*** Opening of Information shown ***
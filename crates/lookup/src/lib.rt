// The leaf that covers an octant, and the vertices that finer leaves put beside one.
#![tactic(auto)]

ghost use Rattle.std.specs.Prelude.{◌≡◌, ◌+◌, ◌*◌, ◌/◌, ◌≤◌, ◌<◌};
ghost use Rattle.space.specs.Space.{pos};
ghost use Rattle.space.specs.Levels.{most_levels};
ghost use Rattle.octants.specs.Oct.{In, width as width_of};
ghost use Rattle.octree.specs.Parts.{roots_of, place_of, tree_of};
ghost use Rattle.octree_cells.specs.Cells.{at_most, is_leaf, leaf_at, leaf_around, on_grid, finer};
ghost use Rattle.lookup.specs.Parts.{ancestor_of, descent_of, covered_of};

use octree::{Octant, Octree, is_inside, is_split, level_at};

// The leaf that covers an octant; split, so that several leaves cover it; or out of range. No `Option`: the two without a leaf are told apart.
#[derive(Clone, Copy)]
pub enum Covered {
    Leaf(Octant),
    Split,
    Outside,
}

// The width of an octant of level m, in vertex coordinates: a finest octant is two of them wide.
pub fn width(m: usize) -> usize
    requires { m ≤ most_levels }
    ensures { (result ≡ width_of m) × (result ≤ 64) }
{
    2usize << m
}

// Along an axis: where the low (o = 0) or the high (o = 1) corner of an octant of level m at x stands.
pub fn corner(m: usize, x: usize, o: usize) -> usize
    requires { (m ≤ most_levels) × (x < 65536) × (o ≤ 1) }
    ensures { result ≡ (x + o) * width_of m }
{
    (x + o) * width(m)
}

// Along an axis: where its centre stands.
pub fn centre(m: usize, x: usize) -> usize
    requires { (m ≤ most_levels) × (x < 65536) }
    ensures { result ≡ x * width_of m + width_of m / 2 }
{
    let w = width(m);
    x * w + w / 2
}

// The ancestor of an octant, k levels up.
fn ancestor(o: Octant, k: usize) -> Octant
    requires { o.level + k ≤ most_levels }
    ensures { result ≡ ancestor_of k o }
{
    Octant {
        level: o.level + k,
        x: o.x >> k,
        y: o.y >> k,
        z: o.z >> k,
    }
}

// From k levels above an octant down to it: the first ancestor that is a leaf.
fn descend(t: &Octree, o: Octant, k: usize) -> Covered
    requires { (o.level + k ≤ t.now.roots.levels) × In t.now.roots.levels (roots_of t.now.roots) o.level (place_of o) }
    ensures { let d = t.now.roots in result ≡ descent_of (tree_of d t.now.split.now) o k }
{
    let a = ancestor(o, k);
    if !is_split(t, a) {
        return Covered::Leaf(a);
    }
    if k == 0 {
        return Covered::Split;
    }
    descend(t, o, k - 1)
}

// The leaf that covers an octant, by descent from its root.
pub fn covering_leaf(t: &Octree, o: Octant) -> Covered
    requires { o.level ≤ t.now.roots.levels }
    ensures { let d = t.now.roots in result ≡ covered_of d.levels (roots_of d) (tree_of d t.now.split.now) o }
{
    let k = t.roots.levels - o.level;
    if !is_inside(level_at(t.roots, k), o.x, o.y, o.z) {
        return Covered::Outside;
    }
    descend(t, o, k)
}

// Whether an octant is a leaf.
pub fn is_leaf(t: &Octree, o: Octant) -> bool
    requires { o.level ≤ t.now.roots.levels }
    ensures { let d = t.now.roots in result ≡ is_leaf d.levels (roots_of d) (tree_of d t.now.split.now) o.level (place_of o) }
{
    match covering_leaf(t, o) {
        Covered::Leaf(a) => a.level == o.level,
        Covered::Split => false,
        Covered::Outside => false,
    }
}

// Whether an octant can have its corner (i, j, k) at the level's place o: none stands below 0.
fn has_corner(o: Octant, i: usize, j: usize, k: usize) -> bool
    ensures { result ≡ at_most (pos i j k) (place_of o) }
{
    i <= o.x && j <= o.y && k <= o.z
}

// Whether the octant whose corner (i, j, k) stands at the level's place o is a leaf.
fn leaf_at(t: &Octree, o: Octant, i: usize, j: usize, k: usize) -> bool
    requires { o.level ≤ t.now.roots.levels }
    ensures { let d = t.now.roots in result ≡ leaf_at d.levels (roots_of d) (tree_of d t.now.split.now) o.level (place_of o) (pos i j k) }
{
    if !has_corner(o, i, j, k) {
        return false;
    }
    let a = Octant {
        level: o.level,
        x: o.x - i,
        y: o.y - j,
        z: o.z - k,
    };
    is_leaf(t, a)
}

// Whether one of the eight octants around the level's place o is a leaf.
fn leaf_around(t: &Octree, o: Octant) -> bool
    requires { o.level ≤ t.now.roots.levels }
    ensures { let d = t.now.roots in result ≡ leaf_around d.levels (roots_of d) (tree_of d t.now.split.now) o.level (place_of o) }
{
    for n in 0..8 {
        if leaf_at(t, o, n % 2, n / 2 % 2, n / 4) {
            return true;
        }
    }
    false
}

// Whether a vertex stands at a corner of octants w units wide.
fn on_grid(w: usize, x: usize, y: usize, z: usize) -> bool
    requires { 1 ≤ w }
    ensures { result ≡ on_grid w (pos x y z) }
{
    x % w == 0 && y % w == 0 && z % w == 0
}

// Whether a leaf of the level below m puts a vertex at (x, y, z), in vertex coordinates.
pub fn has_finer_vertex(t: &Octree, m: usize, x: usize, y: usize, z: usize) -> bool
    requires { m ≤ t.now.roots.levels }
    ensures { let d = t.now.roots in result ≡ finer d.levels (roots_of d) (tree_of d t.now.split.now) m (pos x y z) }
{
    if m == 0 {
        return false;
    }
    let w = width(m - 1);
    if !on_grid(w, x, y, z) {
        return false;
    }
    let o = Octant {
        level: m - 1,
        x: x / w,
        y: y / w,
        z: z / w,
    };
    leaf_around(t, o)
}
*** Close of Information shown ***
> [What you will do]
Everything in the listing above should be repeated exactly.

> [Task result]
filename crates/lookup/src/lib.rt
// The leaf that covers an octant, and the vertices that finer leaves put beside one.
#![tactic(auto)]

ghost use Rattle.std.specs.Prelude.{◌≡◌, ◌+◌, ◌*◌, ◌/◌, ◌≤◌, ◌<◌};
ghost use Rattle.space.specs.Space.{pos};
ghost use Rattle.space.specs.Levels.{most_levels};
ghost use Rattle.octants.specs.Oct.{In, width as width_of};
ghost use Rattle.octree.specs.Parts.{roots_of, place_of, tree_of};
ghost use Rattle.octree_cells.specs.Cells.{at_most, is_leaf, leaf_at, leaf_around, on_grid, finer};
ghost use Rattle.lookup.specs.Parts.{ancestor_of, descent_of, covered_of};

use octree::{Octant, Octree, is_inside, is_split, level_at};

// The leaf that covers an octant; split, so that several leaves cover it; or out of range. No `Option`: the two without a leaf are told apart.
#[derive(Clone, Copy)]
pub enum Covered {
    Leaf(Octant),
    Split,
    Outside,
}

// The width of an octant of level m, in vertex coordinates: a finest octant is two of them wide.
pub fn width(m: usize) -> usize
    requires { m ≤ most_levels }
    ensures { (result ≡ width_of m) × (result ≤ 64) }
{
    2usize << m
}

// Along an axis: where the low (o = 0) or the high (o = 1) corner of an octant of level m at x stands.
pub fn corner(m: usize, x: usize, o: usize) -> usize
    requires { (m ≤ most_levels) × (x < 65536) × (o ≤ 1) }
    ensures { result ≡ (x + o) * width_of m }
{
    (x + o) * width(m)
}

// Along an axis: where its centre stands.
pub fn centre(m: usize, x: usize) -> usize
    requires { (m ≤ most_levels) × (x < 65536) }
    ensures { result ≡ x * width_of m + width_of m / 2 }
{
    let w = width(m);
    x * w + w / 2
}

// The ancestor of an octant, k levels up.
fn ancestor(o: Octant, k: usize) -> Octant
    requires { o.level + k ≤ most_levels }
    ensures { result ≡ ancestor_of k o }
{
    Octant {
        level: o.level + k,
        x: o.x >> k,
        y: o.y >> k,
        z: o.z >> k,
    }
}

// From k levels above an octant down to it: the first ancestor that is a leaf.
fn descend(t: &Octree, o: Octant, k: usize) -> Covered
    requires { (o.level + k ≤ t.now.roots.levels) × In t.now.roots.levels (roots_of t.now.roots) o.level (place_of o) }
    ensures { let d = t.now.roots in result ≡ descent_of (tree_of d t.now.split.now) o k }
{
    let a = ancestor(o, k);
    if !is_split(t, a) {
        return Covered::Leaf(a);
    }
    if k == 0 {
        return Covered::Split;
    }
    descend(t, o, k - 1)
}

// The leaf that covers an octant, by descent from its root.
pub fn covering_leaf(t: &Octree, o: Octant) -> Covered
    requires { o.level ≤ t.now.roots.levels }
    ensures { let d = t.now.roots in result ≡ covered_of d.levels (roots_of d) (tree_of d t.now.split.now) o }
{
    let k = t.roots.levels - o.level;
    if !is_inside(level_at(t.roots, k), o.x, o.y, o.z) {
        return Covered::Outside;
    }
    descend(t, o, k)
}

// Whether an octant is a leaf.
pub fn is_leaf(t: &Octree, o: Octant) -> bool
    requires { o.level ≤ t.now.roots.levels }
    ensures { let d = t.now.roots in result ≡ is_leaf d.levels (roots_of d) (tree_of d t.now.split.now) o.level (place_of o) }
{
    match covering_leaf(t, o) {
        Covered::Leaf(a) => a.level == o.level,
        Covered::Split => false,
        Covered::Outside => false,
    }
}

// Whether an octant can have its corner (i, j, k) at the level's place o: none stands below 0.
fn has_corner(o: Octant, i: usize, j: usize, k: usize) -> bool
    ensures { result ≡ at_most (pos i j k) (place_of o) }
{
    i <= o.x && j <= o.y && k <= o.z
}

// Whether the octant whose corner (i, j, k) stands at the level's place o is a leaf.
fn leaf_at(t: &Octree, o: Octant, i: usize, j: usize, k: usize) -> bool
    requires { o.level ≤ t.now.roots.levels }
    ensures { let d = t.now.roots in result ≡ leaf_at d.levels (roots_of d) (tree_of d t.now.split.now) o.level (place_of o) (pos i j k) }
{
    if !has_corner(o, i, j, k) {
        return false;
    }
    let a = Octant {
        level: o.level,
        x: o.x - i,
        y: o.y - j,
        z: o.z - k,
    };
    is_leaf(t, a)
}

// Whether one of the eight octants around the level's place o is a leaf.
fn leaf_around(t: &Octree, o: Octant) -> bool
    requires { o.level ≤ t.now.roots.levels }
    ensures { let d = t.now.roots in result ≡ leaf_around d.levels (roots_of d) (tree_of d t.now.split.now) o.level (place_of o) }
{
    for n in 0..8 {
        if leaf_at(t, o, n % 2, n / 2 % 2, n / 4) {
            return true;
        }
    }
    false
}

// Whether a vertex stands at a corner of octants w units wide.
fn on_grid(w: usize, x: usize, y: usize, z: usize) -> bool
    requires { 1 ≤ w }
    ensures { result ≡ on_grid w (pos x y z) }
{
    x % w == 0 && y % w == 0 && z % w == 0
}

// Whether a leaf of the level below m puts a vertex at (x, y, z), in vertex coordinates.
pub fn has_finer_vertex(t: &Octree, m: usize, x: usize, y: usize, z: usize) -> bool
    requires { m ≤ t.now.roots.levels }
    ensures { let d = t.now.roots in result ≡ finer d.levels (roots_of d) (tree_of d t.now.split.now) m (pos x y z) }
{
    if m == 0 {
        return false;
    }
    let w = width(m - 1);
    if !on_grid(w, x, y, z) {
        return false;
    }
    let o = Octant {
        level: m - 1,
        x: x / w,
        y: y / w,
        z: z / w,
    };
    leaf_around(t, o)
}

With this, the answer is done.